I have just read a Japanese translation of an American book entitled "Mirror for Americans: Japan". It was originally written in 1948 by Helen Mears, who was an expert on oriental history and cultures in the prewar era, and came to Japan in the aftermath of the Great East Asian War to help the Allied occupation forces formulate new labor laws.
The main theme of the book was why Japan got into the reckless war. The book says, Japan could not avoid the war in terms of its relations with the Western powers. The powers used deceptive policies against Japan. With a calm but very objective reasoning, the author reveals that what Japan did was the same as what the powers had already done. She continues, Japan was the best student of modernization and Westernization, following what the powers showed decades before. That is, the student was Japan and the powers were the teacher in this sense. Japan's condemned actions in Asia were just the reflection of the Western powers themselves in a mirror. I guess that the title of the book was thus made.
I'm going to write about my father-in-law who passed away a few years ago. He had worked in a small southern island as a mechanic on fighter planes during the last war. He sometimes told me stuff about the war, and there were a lot of differences from what I learned in school and from his story. I didn't believe that he was telling a lie, but I didn't think that the history textbook wasn't correct either. Getting back on the right track, the author started the story with her flight between the U.S. and Japan. It took several days to fly between both countries at that time. She had to repeat stopovers on the islands in the Pacific Ocean, and consequently she saw native people's daily life. What she wrote about the natives was just the same as my father-in-law used to talk to me. I realized that the history textbook was not correct. http://kumo.typepad.jp/weblog/2007/01/my-father-gone.html
Understandably, General Douglas MacArthur, the omnipotent Supreme Commander in the occupied Japan, prohibited publishing this book in Japan. It was as late as 1995 that the book was translated into Japanese and published in Japan. The original version is said to have been criticized by American people and she was labeled as a defender of a vicious Japan.

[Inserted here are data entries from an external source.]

//! The device that a folder makes, its open store with a server over it, and one session served alone at
//! such a server. It stands on the crates of the folder, of the store, of the server and of a session.
//!
//! `ready_of` answers the server of a folder before its first event, or why there is none and what is left
//! of the disk; the store knows the device by its header, the text of each module in order and the names of
//! the features that are on. `serve` gives one session the server, and says what of its history lasts over a
//! crash.
#![tactic(auto)]

mod device;
mod ground;
mod header;
mod opening;
mod session;

pub use device::Device;
pub use ground::{Ready, ready_of};
pub use opening::{Ended, Opened};
pub use session::{Over, serve};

She didn't mean to defend Japan. She questioned the justification of the Western powers which insisted that only Japan should be condemned in the modern Far Eastern history and also doubted the way of identifying Japanese people as traditionally belligerent, and the way of thinking that America, therefore, should educate them. Her research and analysis was dispassionate and fully acceptable to me.

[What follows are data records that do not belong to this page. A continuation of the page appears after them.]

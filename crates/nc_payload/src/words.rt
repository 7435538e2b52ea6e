//! The words of a payload's attributes.
ghost use Rattle.std.specs.Prelude.{◌≡◌};
ghost use Rattle.nc_protocol.specs.Words as words;

#[tactic(auto, unfolding(nc_protocol::specs::Words::base_namespace))]
pub(crate) fn base_namespace() -> &'static str
    ensures { result.now ≡ words.base_namespace }
{
    "urn:ietf:params:xml:ns:netconf:base:1.0"
}

#[tactic(auto, unfolding(nc_protocol::specs::Words::yang_namespace))]
pub(crate) fn yang_namespace() -> &'static str
    ensures { result.now ≡ words.yang_namespace }
{
    "urn:ietf:params:xml:ns:yang:1"
}

#[tactic(auto, unfolding(nc_protocol::specs::Words::operation_word))]
pub(crate) fn operation_word() -> &'static str
    ensures { result.now ≡ words.operation_word }
{
    "operation"
}

#[tactic(auto, unfolding(nc_protocol::specs::Words::insert_word))]
pub(crate) fn insert_word() -> &'static str
    ensures { result.now ≡ words.insert_word }
{
    "insert"
}

#[tactic(auto, unfolding(nc_protocol::specs::Words::merge_word))]
pub(crate) fn merge_word() -> &'static str
    ensures { result.now ≡ words.merge_word }
{
    "merge"
}

#[tactic(auto, unfolding(nc_protocol::specs::Words::replace_word))]
pub(crate) fn replace_word() -> &'static str
    ensures { result.now ≡ words.replace_word }
{
    "replace"
}

#[tactic(auto, unfolding(nc_protocol::specs::Words::create_word))]
pub(crate) fn create_word() -> &'static str
    ensures { result.now ≡ words.create_word }
{
    "create"
}

#[tactic(auto, unfolding(nc_protocol::specs::Words::delete_word))]
pub(crate) fn delete_word() -> &'static str
    ensures { result.now ≡ words.delete_word }
{
    "delete"
}

#[tactic(auto, unfolding(nc_protocol::specs::Words::remove_word))]
pub(crate) fn remove_word() -> &'static str
    ensures { result.now ≡ words.remove_word }
{
    "remove"
}

#[tactic(auto, unfolding(nc_protocol::specs::Words::first_word))]
pub(crate) fn first_word() -> &'static str
    ensures { result.now ≡ words.first_word }
{
    "first"
}

#[tactic(auto, unfolding(nc_protocol::specs::Words::last_word))]
pub(crate) fn last_word() -> &'static str
    ensures { result.now ≡ words.last_word }
{
    "last"
}

#[tactic(auto, unfolding(nc_protocol::specs::Words::before_word))]
pub(crate) fn before_word() -> &'static str
    ensures { result.now ≡ words.before_word }
{
    "before"
}

#[tactic(auto, unfolding(nc_protocol::specs::Words::after_word))]
pub(crate) fn after_word() -> &'static str
    ensures { result.now ≡ words.after_word }
{
    "after"
}

#[tactic(auto, unfolding(nc_protocol::specs::Words::key_word))]
pub(crate) fn key_word() -> &'static str
    ensures { result.now ≡ words.key_word }
{
    "key"
}

#[tactic(auto, unfolding(nc_protocol::specs::Words::value_word))]
pub(crate) fn value_word() -> &'static str
    ensures { result.now ≡ words.value_word }
{
    "value"
}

International relations are mostly ruled by the logic of the strong nations, and it was clearly demonstrated in the Far East in the first half of the last century, I suppose. Japanese education is still also controlled by the U.S. view of history. There are so many things we have to learn from Ms. Mears' book.
Is it still too early to think about the causes and effects of the war serenely, beyond a dichotomy between winners and losers?
(Vocabulary)
Understandably 当然ながら 無理もないことだが
departure 逸脱、離脱、背反、ずれ
serenely 穏やかに 落ち着いた様子で
dichotomy 二分 二分裂 意見の相違
belligerent 好戦的な
"Mirror for Americans: Japan" (邦題:アメリカの鏡・日本)を読み終えた。1948年に東洋の研究者であるヘレン・ミアーズによって書かれたものだ。彼女は大東亜戦争直後、法律の策定に関わるために来日している。

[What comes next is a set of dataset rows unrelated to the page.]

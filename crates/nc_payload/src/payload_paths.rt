//! The paths that a request's payload names.
ghost use Rattle.std.specs.Prelude.{◌≡◌, ◌||◌, ◌∷◌, ◌++◌, [], false, List, Result, IfOk, OnOk};
ghost use Rattle.std.specs.List.{flat_map};
ghost use Rattle.std.specs.Option.{option_map_or};
ghost use Rattle.nc_names.specs.Same.{is_same_path};
ghost use Rattle.nc_protocol.specs.Elements as elements;
ghost use Rattle.nc_protocol.specs.Payload as meant;
ghost use Rattle.nc_protocol.specs.Payload.{reading_of};
ghost use Rattle.nc_names.specs.declared.path.Path.{Path};
ghost use Rattle.nc_names.specs.declared.path.Step.{Step};
ghost use Rattle.nc_protocol.specs.declared.edit.Edit.{Edit};
ghost use Rattle.nc_protocol.specs.declared.request.Cause.{Cause};
ghost use Rattle.nc_payload.specs.Names.{is_named};
ghost use Rattle.nc_payload.specs.inner.Places.{AddsPlace, AddsPlaces, FaultOf, HasAbove};
ghost use Rattle.nc_payload.specs.inner.Places.{ends_at, has, has_place, inside_places, origin_names};
ghost use Rattle.nc_payload.specs.inner.Reads.{Answers, meaning};

use crate::PayloadFault;
use crate::elements::{Named, find_named, keys_read};
use crate::key_octets::KeysLeft;
use crate::payload::{config_edits, edits};
use nc_message::{Elem, Part};
use nc_names::{Copies, Many, Memory, Path, Step, Text, same_steps};
use nc_protocol::{Asked, Default3, Edit, Origin, Under};
use nc_schema::Schema;
use std::alloc::Global;
use std::collections::BTreeSet;

/// The places of elements, by the steps to them, whether there is one, and how many octets the keys in the
/// steps to further ones may have.
#[derive(Drop)]
pub(crate) struct Places {
    pub(crate) items: BTreeSet<Many<Step>>,
    pub(crate) some: bool,
    pub(crate) keys: KeysLeft,
}

/// The paths that the payload of a request names: those of its elements, those above them, and that of
/// its fault (RFC 6241 7.2, 7.3). Contracts see the test `is_named` of a path.
#[derive(Drop)]
pub struct Names {
    pub(crate) places: Places,
    pub(crate) fault: Option<Path>,
}

impl Places {
    fn none(alloc: Global) -> Places
        ensures { (key : List Step) → has result key ≡ false }
    {
        Places {
            items: BTreeSet::new(alloc),
            some: false,
            keys: KeysLeft::of_request(),
        }
    }

    // Takes a place more, below places that are there.
    fn take(&mut self, steps: Many<Step>) -> Result<(), Memory>
        ensures { OnOk result (AddsPlace self.old self.new steps) }
    {
        self.keys = self.keys.after(&steps)?;
        self.items.insert(steps)?;
        self.some = true;
        Ok(())
    }

    // Whether the node at a path is a place or above one.
    fn has(&self, path: &Path) -> bool
        ensures { result ≡ has_place self.now path.now }
    {
        if path.steps.is_empty() {
            return self.some;
        }
        self.items.contains(&path.steps)
    }
}

fn steps_with(above: &Many<Step>, number: u32, keys: Many<Text>) -> Result<Many<Step>, Memory>
    ensures { IfOk result (λ it. it ≡ above.now ++ record { node = number; keys = keys } ∷ []) }
{
    above.copied_with(Step { node: number, keys })
}

// The keys of the data node that an element names, with its number, where they have a reading.
fn step_named(
    alloc: Global,
    schema: &Schema,
    above: &Many<Step>,
    named: Named<'_>,
) -> Result<Option<Many<Step>>, Memory>
    ensures { IfOk result (λ it. it ≡ ends_at (reading_of schema.now) above.now (meaning named.entry)) }
{
    match keys_read(alloc, schema, named)? {
        Some(keys) => Ok(Some(steps_with(above, named.number, keys)?)),
        None => Ok(None),
    }
}

#[cycle(place)]
fn add_elem(
    alloc: Global,
    schema: &Schema,
    above: &Many<Step>,
    parent: Option<u32>,
    elem: &Elem,
    places: &mut Places,
) -> Result<(), Memory>
    ensures { OnOk result (HasAbove places.old above.now → AddsPlaces places.old places.new
        (inside_places (reading_of schema.now) above.now parent elem.now)) }
{
    let Some(named) = find_named(schema, parent, elem) else {
        return Ok(());
    };
    let Some(steps) = step_named(alloc, schema, above, named)? else {
        return Ok(());
    };
    places.take(steps.copy()?)?;
    add_parts(
        alloc,
        schema,
        &steps,
        Some(named.number),
        &elem.parts,
        places,
    )
}

#[cycle(place)]
fn add_part(
    alloc: Global,
    schema: &Schema,
    above: &Many<Step>,
    parent: Option<u32>,
    part: &Part,
    places: &mut Places,
) -> Result<(), Memory>
    ensures { OnOk result (HasAbove places.old above.now → AddsPlaces places.old places.new
        (meant.part_places (reading_of schema.now) above.now parent part.now)) }
{
    match part {
        Part::Child(elem) => add_elem(alloc, schema, above, parent, elem.get(), places),
        Part::Chars(_) => Ok(()),
    }
}

#[cycle(place)]
fn add_parts(
    alloc: Global,
    schema: &Schema,
    above: &Many<Step>,
    parent: Option<u32>,
    parts: &Many<Part>,
    places: &mut Places,
) -> Result<(), Memory>
    ensures { OnOk result (HasAbove places.old above.now → AddsPlaces places.old places.new
        (flat_map (meant.part_places (reading_of schema.now) above.now parent) parts.now)) }
{
    for part in parts.as_slice() {
        add_part(alloc, schema, above, parent, part, places)?;
    }
    Ok(())
}

fn places_in(alloc: Global, schema: &Schema, config: &Elem) -> Result<Places, Memory>
    ensures { IfOk result (λ it. (path : Path) → has_place it path ≡
        meant.stands_in (reading_of schema.now) config.now path) }
{
    let top = Many::new(alloc);
    let mut places = Places::none(alloc);
    add_parts(alloc, schema, &top, None, &config.parts, &mut places)?;
    Ok(places)
}

// The path of a payload's fault.
fn fault_path(read: Result<Many<Edit>, PayloadFault>) -> Result<Option<Path>, Memory>
    ensures { (defined : Result (List Edit) Cause) → Answers defined read → FaultOf defined result }
{
    match read {
        Ok(_) => Ok(None),
        Err(PayloadFault::Bad(cause)) => Ok(cause.path),
        Err(PayloadFault::Memory) => Err(Memory),
    }
}

#[tactic(auto, unfolding(crate::specs::Names::is_named))]
fn of_edits(
    alloc: Global,
    schema: &Schema,
    config: &Elem,
    default_operation: Default3,
) -> Result<Names, Memory>
    ensures { IfOk result (λ it. (path : Path) → is_named it path ≡
        (meant.stands_in (reading_of schema.now) config.now path ||
        meant.is_at_fault (meant.edits_read (reading_of schema.now) default_operation config.now) path)) }
{
    let places = places_in(alloc, schema, config)?;
    let fault = fault_path(edits(alloc, schema, config, default_operation))?;
    Ok(Names { places, fault })
}

#[tactic(auto, unfolding(crate::specs::Names::is_named))]
fn of_rows(alloc: Global, schema: &Schema, config: &Elem) -> Result<Names, Memory>
    ensures { IfOk result (λ it. (path : Path) → is_named it path ≡
        (meant.stands_in (reading_of schema.now) config.now path ||
        meant.is_at_fault (meant.rows_read (reading_of schema.now) config.now) path)) }
{
    let places = places_in(alloc, schema, config)?;
    let read = config_edits(alloc, schema, Under::Inline, config, KeysLeft::of_request());
    let fault = fault_path(read)?;
    Ok(Names { places, fault })
}

fn of_origin(alloc: Global, schema: &Schema, origin: &Origin) -> Result<Names, Memory>
    ensures { IfOk result (λ it. (path : Path) → is_named it path ≡ origin_names schema.now origin.now path) }
{
    match origin {
        Origin::Inline(config) => of_rows(alloc, schema, config),
        Origin::Store(_) => Ok(nothing(alloc)),
    }
}

#[tactic(auto, unfolding(crate::specs::Names::is_named))]
fn nothing(alloc: Global) -> Names
    ensures { (path : Path) → is_named result path ≡ false }
{
    Names {
        places: Places::none(alloc),
        fault: None,
    }
}

impl Names {
    /// The paths that the payload of a request names; a request without a payload names none.
    pub fn of(alloc: Global, schema: &Schema, asked: &Asked) -> Result<Names, Memory>
        ensures { IfOk result (λ it. (path : Path) → is_named it path ≡
            meant.names_path schema.now asked.now path) }
    {
        match asked {
            Asked::EditConfig {
                default_operation,
                config,
                ..
            } => of_edits(alloc, schema, config, *default_operation),
            Asked::CopyConfig { source, .. } | Asked::Validate { source } => {
                of_origin(alloc, schema, source)
            }
            _ => Ok(nothing(alloc)),
        }
    }

    /// Whether the payload names a path.
    #[tactic(auto, unfolding(crate::specs::Names::is_named))]
    pub fn names(&self, path: &Path) -> bool
        ensures { result ≡ is_named self.now path.now }
    {
        let stands = self.places.has(path);
        let at_fault = is_at(&self.fault, path);
        stands || at_fault
    }
}

fn is_at(fault: &Option<Path>, path: &Path) -> bool
    ensures { result ≡ option_map_or (λ at. is_same_path at.steps path.now.steps) fault.now false }
{
    match fault {
        Some(at) => same_steps(at.steps.as_slice(), path.steps.as_slice()),
        None => false,
    }
}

中心テーマは「なぜ日本は向こう見ずな戦争を始めたのか?」である。彼女は言う、日本は戦争を避けたくても避けられなかったのだと。日本のしたことは欧米列強がしてきたことを忠実に真似ただけであり、欧米列強が先生なら日本は優秀な学生であった。日本は鏡に映った欧米列強の姿なのだと主張する。
亡くなった義父(戦時中、南方の島で戦闘機のメンテナンスをしていた)とのやりとりで歴史教科書とはまったく異なることがたびたびあった。義父が嘘つきだとは思わなかったが、教科書が間違っているとも思わなかった。話を元に戻そう。この本は著者が日本へ来る飛行機の中での独白から始まる。当時は途中で何度も降りて給油を繰り返さなければならなかった。その島々で彼女は現地の人々の行動を観察し、話をするのである。その内容は果たして義父から聞いたことと同じであった。つまり、教科書が嘘を言っていたのだ。
無理もないことだが、この本はGHQの最高責任者マッカーサーにより発禁とされた。そして日本語に訳され、日本人が読めるようになったのはなんと50年後の1995年なのである。著者は当時、邪悪な日本の擁護者として批判されている。
彼女には日本を擁護するという気持ちはなく、ただ純粋に事実を述べているだけである。日本だけが悪いのか、日本人は元々好戦的で、それゆえアメリカが教育しなければならない、というのは正しいのか。彼女の研究、分析は驚くほどクールになされている。
国際関係は主として強国によって支配されている。前世紀の前半に極東で見たとおりである。日本の教育は未だにアメリカ史観に支配されている。この本から学ばなければならないことはかなり多い。
勝者と敗者という立場を越えて戦争の原因とその結果を穏やかに考えるにはまだ時期尚早であろうか。